◆ WORK ITEM ◆
Where the string "AfterDraw" occurs in a line of the entries below, copy that line.

◆ Collected data entries ◆
* * * * * * *

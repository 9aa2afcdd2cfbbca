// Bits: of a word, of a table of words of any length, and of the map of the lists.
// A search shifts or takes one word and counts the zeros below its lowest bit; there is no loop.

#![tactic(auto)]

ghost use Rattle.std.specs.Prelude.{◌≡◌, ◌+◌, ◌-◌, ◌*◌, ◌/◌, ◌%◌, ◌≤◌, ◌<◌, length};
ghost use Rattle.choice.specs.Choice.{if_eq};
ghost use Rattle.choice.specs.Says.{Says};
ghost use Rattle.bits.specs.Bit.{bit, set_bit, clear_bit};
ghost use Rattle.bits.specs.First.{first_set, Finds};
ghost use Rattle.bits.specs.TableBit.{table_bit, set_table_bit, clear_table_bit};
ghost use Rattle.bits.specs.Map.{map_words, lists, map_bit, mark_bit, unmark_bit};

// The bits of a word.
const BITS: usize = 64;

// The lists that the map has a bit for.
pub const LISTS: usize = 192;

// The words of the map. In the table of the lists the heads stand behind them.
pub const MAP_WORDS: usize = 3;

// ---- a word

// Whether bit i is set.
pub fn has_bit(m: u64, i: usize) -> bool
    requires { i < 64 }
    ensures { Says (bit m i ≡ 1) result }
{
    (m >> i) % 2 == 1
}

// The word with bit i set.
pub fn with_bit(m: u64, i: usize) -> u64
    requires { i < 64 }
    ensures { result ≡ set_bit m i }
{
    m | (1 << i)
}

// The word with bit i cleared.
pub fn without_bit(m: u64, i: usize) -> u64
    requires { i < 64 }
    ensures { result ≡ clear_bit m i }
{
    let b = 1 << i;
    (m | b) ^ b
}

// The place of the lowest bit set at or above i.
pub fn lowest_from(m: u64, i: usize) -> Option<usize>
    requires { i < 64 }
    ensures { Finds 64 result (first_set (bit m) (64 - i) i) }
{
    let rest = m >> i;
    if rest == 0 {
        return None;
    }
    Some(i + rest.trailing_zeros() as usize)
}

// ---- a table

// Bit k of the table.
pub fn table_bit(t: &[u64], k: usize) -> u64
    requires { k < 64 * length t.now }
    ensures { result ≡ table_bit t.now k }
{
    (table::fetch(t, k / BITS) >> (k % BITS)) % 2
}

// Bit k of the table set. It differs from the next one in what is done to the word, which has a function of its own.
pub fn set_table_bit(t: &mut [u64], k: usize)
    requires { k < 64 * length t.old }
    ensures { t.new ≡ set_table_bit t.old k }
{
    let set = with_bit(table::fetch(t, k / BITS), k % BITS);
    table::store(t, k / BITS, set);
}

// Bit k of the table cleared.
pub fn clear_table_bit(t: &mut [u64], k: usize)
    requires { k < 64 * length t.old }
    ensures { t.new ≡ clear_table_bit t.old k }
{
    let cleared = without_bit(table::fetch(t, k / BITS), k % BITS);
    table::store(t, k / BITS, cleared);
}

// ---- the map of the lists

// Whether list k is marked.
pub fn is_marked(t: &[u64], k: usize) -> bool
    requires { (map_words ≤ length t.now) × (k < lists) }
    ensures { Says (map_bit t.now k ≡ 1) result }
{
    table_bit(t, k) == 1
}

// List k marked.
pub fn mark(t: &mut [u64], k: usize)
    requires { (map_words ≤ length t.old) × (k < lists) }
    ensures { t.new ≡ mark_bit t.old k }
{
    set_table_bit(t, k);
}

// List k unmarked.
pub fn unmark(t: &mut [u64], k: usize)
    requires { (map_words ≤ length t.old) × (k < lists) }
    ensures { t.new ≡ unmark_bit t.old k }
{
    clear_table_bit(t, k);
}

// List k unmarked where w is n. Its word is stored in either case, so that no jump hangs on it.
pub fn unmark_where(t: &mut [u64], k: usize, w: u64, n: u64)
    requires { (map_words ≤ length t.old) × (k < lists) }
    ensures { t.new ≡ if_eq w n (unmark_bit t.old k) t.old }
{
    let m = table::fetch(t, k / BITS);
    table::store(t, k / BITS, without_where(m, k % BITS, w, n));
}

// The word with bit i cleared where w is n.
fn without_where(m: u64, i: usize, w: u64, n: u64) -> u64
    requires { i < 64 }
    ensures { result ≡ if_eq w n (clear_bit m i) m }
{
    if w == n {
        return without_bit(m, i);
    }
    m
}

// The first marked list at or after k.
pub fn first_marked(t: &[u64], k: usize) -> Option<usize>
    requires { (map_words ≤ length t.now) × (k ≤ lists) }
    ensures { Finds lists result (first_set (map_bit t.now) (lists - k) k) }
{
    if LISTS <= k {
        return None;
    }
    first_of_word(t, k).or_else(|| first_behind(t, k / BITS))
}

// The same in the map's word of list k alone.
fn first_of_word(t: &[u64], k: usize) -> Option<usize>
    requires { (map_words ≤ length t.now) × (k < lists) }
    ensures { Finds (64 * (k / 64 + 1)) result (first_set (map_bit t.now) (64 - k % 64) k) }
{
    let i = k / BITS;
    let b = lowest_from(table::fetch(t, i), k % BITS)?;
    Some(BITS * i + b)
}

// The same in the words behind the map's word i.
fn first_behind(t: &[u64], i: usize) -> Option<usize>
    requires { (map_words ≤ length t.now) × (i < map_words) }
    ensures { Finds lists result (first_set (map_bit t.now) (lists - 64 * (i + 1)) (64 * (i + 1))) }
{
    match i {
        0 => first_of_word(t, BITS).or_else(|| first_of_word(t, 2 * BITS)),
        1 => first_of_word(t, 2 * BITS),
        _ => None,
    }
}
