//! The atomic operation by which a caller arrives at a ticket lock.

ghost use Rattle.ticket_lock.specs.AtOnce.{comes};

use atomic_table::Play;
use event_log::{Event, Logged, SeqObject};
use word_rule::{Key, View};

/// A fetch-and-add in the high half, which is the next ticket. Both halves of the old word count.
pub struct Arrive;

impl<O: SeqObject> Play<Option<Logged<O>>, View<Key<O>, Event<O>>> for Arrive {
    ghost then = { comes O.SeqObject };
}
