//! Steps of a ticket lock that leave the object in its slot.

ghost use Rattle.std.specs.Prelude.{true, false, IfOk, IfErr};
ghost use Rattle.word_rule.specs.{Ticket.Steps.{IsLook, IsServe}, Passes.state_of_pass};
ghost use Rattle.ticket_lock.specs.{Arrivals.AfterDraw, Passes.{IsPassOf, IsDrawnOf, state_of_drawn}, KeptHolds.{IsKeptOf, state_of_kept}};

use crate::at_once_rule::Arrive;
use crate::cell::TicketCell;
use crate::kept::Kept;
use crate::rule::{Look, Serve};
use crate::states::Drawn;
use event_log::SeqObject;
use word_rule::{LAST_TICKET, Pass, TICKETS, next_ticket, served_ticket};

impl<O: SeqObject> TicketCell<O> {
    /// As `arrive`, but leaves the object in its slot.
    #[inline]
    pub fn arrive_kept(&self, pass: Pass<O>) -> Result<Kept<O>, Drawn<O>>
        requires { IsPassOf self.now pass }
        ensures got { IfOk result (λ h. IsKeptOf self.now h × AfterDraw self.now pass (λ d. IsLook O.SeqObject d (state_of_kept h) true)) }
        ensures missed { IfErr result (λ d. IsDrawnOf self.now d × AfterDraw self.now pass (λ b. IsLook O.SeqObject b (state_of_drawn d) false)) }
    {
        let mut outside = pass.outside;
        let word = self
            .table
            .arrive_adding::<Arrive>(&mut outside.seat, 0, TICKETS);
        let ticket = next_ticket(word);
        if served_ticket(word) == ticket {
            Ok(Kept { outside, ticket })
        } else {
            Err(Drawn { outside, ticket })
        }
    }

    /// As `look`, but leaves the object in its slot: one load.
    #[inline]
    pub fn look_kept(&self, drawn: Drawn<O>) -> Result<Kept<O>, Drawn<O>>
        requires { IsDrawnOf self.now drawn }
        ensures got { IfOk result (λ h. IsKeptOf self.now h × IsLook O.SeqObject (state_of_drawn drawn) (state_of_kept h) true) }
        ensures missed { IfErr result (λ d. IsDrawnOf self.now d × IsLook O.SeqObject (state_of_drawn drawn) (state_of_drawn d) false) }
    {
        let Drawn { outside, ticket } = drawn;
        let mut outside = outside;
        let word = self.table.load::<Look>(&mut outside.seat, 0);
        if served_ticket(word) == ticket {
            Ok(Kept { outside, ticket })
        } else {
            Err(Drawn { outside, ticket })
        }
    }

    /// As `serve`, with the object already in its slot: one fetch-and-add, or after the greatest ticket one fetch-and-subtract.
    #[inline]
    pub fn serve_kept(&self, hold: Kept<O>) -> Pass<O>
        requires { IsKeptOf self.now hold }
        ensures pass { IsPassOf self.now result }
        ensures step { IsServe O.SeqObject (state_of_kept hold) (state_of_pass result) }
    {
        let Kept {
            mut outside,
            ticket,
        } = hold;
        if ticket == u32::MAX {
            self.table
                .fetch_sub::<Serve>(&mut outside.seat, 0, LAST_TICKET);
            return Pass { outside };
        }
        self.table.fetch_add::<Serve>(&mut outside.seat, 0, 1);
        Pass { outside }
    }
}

* * * * * * *

◆ RESPONSE TO THIS EXERCISE ◆
ghost use Rattle.ticket_lock.specs.{Arrivals.AfterDraw, Passes.{IsPassOf, IsDrawnOf, state_of_drawn}, KeptHolds.{IsKeptOf, state_of_kept}};
        ensures got { IfOk result (λ h. IsKeptOf self.now h × AfterDraw self.now pass (λ d. IsLook O.SeqObject d (state_of_kept h) true)) }
        ensures missed { IfErr result (λ d. IsDrawnOf self.now d × AfterDraw self.now pass (λ b. IsLook O.SeqObject b (state_of_drawn d) false)) }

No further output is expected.